_EXERCISE_
Examine the records and identify each line that includes the string "OnOk". Copy those lines.

START GIVEN RECORDS

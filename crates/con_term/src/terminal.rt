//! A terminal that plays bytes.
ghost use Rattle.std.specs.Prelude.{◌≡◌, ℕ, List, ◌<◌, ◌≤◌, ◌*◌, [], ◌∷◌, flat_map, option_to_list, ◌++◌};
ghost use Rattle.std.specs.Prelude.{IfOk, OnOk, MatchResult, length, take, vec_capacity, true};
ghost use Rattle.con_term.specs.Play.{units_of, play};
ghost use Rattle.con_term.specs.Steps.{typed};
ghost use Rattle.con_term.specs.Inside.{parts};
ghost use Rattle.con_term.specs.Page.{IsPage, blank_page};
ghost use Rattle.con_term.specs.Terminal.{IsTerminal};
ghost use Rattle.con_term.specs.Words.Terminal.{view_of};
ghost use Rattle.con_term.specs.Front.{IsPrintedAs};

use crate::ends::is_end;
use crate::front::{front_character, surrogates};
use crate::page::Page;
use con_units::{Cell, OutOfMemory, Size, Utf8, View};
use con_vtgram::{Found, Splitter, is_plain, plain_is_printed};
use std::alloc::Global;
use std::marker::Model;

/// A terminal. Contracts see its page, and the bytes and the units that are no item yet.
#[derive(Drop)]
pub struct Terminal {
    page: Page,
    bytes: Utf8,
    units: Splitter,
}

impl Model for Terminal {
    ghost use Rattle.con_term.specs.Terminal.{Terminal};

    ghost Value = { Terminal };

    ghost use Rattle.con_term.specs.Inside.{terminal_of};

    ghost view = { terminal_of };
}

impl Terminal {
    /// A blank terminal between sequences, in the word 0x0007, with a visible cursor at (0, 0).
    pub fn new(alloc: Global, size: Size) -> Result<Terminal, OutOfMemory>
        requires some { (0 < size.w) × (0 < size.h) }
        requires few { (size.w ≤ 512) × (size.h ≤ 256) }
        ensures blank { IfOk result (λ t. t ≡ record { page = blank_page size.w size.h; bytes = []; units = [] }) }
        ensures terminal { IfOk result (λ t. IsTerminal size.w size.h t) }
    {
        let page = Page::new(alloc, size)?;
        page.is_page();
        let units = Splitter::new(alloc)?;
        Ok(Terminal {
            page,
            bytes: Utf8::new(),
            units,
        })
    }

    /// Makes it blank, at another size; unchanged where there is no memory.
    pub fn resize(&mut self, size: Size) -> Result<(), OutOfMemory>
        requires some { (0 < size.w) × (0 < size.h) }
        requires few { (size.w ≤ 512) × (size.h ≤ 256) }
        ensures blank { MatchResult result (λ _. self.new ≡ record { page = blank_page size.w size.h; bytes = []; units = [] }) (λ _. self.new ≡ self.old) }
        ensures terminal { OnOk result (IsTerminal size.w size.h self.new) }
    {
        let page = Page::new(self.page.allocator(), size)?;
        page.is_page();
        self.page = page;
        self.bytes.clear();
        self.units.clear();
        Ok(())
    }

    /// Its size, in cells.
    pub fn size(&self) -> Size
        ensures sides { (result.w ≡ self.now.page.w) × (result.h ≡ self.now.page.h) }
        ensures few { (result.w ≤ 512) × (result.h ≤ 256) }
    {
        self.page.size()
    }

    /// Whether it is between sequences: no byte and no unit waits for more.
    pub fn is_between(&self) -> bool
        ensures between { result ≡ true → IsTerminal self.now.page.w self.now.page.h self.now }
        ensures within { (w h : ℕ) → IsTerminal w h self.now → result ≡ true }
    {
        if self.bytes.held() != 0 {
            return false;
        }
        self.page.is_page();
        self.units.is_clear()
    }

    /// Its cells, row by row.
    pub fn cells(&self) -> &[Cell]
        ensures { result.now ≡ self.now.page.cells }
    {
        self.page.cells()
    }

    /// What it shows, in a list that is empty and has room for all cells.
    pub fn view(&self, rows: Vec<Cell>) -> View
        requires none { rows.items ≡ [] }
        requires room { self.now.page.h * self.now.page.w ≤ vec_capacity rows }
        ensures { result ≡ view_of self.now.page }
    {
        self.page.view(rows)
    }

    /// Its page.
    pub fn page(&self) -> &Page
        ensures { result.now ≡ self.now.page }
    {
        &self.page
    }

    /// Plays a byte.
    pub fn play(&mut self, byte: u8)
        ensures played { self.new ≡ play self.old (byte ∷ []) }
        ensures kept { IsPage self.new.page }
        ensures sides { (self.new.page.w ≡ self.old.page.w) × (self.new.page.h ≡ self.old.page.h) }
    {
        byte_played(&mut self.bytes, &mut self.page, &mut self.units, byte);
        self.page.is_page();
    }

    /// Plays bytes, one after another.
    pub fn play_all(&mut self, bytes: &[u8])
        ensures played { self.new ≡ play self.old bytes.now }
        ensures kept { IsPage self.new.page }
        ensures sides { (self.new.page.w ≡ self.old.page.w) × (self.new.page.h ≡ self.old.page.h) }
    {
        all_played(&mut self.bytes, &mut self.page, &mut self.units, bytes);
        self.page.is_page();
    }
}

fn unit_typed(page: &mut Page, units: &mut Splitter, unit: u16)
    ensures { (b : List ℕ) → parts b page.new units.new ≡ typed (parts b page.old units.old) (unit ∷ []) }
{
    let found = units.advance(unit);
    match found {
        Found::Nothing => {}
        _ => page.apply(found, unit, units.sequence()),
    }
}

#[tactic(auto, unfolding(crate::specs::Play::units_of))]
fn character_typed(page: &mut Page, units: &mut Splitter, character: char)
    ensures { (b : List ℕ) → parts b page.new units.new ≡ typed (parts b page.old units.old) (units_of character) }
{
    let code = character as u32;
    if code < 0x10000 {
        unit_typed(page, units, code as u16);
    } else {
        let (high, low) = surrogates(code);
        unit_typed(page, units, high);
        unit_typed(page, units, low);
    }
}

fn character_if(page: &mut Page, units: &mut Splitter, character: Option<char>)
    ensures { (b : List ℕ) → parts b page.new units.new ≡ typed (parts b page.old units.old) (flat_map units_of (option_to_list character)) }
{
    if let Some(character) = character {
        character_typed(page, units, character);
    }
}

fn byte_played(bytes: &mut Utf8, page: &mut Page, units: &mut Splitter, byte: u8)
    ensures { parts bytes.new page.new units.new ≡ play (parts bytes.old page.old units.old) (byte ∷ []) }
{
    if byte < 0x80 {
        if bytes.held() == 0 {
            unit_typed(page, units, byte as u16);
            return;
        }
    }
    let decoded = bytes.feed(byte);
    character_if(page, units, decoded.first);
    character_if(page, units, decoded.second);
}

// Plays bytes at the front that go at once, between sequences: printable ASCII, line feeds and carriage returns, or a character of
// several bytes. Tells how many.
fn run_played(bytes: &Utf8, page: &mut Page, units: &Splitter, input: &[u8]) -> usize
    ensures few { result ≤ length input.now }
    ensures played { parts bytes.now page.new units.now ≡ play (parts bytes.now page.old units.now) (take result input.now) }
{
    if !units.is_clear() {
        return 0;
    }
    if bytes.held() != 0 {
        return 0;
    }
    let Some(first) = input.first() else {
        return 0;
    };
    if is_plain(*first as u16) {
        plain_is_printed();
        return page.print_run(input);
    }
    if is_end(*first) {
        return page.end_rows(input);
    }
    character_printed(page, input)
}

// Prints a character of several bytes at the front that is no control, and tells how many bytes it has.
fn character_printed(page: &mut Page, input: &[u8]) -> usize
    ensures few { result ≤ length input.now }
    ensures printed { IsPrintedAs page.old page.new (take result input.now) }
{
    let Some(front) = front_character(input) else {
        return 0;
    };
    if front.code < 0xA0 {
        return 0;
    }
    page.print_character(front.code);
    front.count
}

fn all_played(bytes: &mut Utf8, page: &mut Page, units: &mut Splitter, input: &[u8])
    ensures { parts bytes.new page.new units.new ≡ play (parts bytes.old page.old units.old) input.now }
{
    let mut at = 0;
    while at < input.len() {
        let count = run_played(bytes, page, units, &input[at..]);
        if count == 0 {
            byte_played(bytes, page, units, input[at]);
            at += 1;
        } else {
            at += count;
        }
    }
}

END GIVEN RECORDS

_ANSWER SECTION_
ghost use Rattle.std.specs.Prelude.{IfOk, OnOk, MatchResult, length, take, vec_capacity, true};
        ensures terminal { OnOk result (IsTerminal size.w size.h self.new) }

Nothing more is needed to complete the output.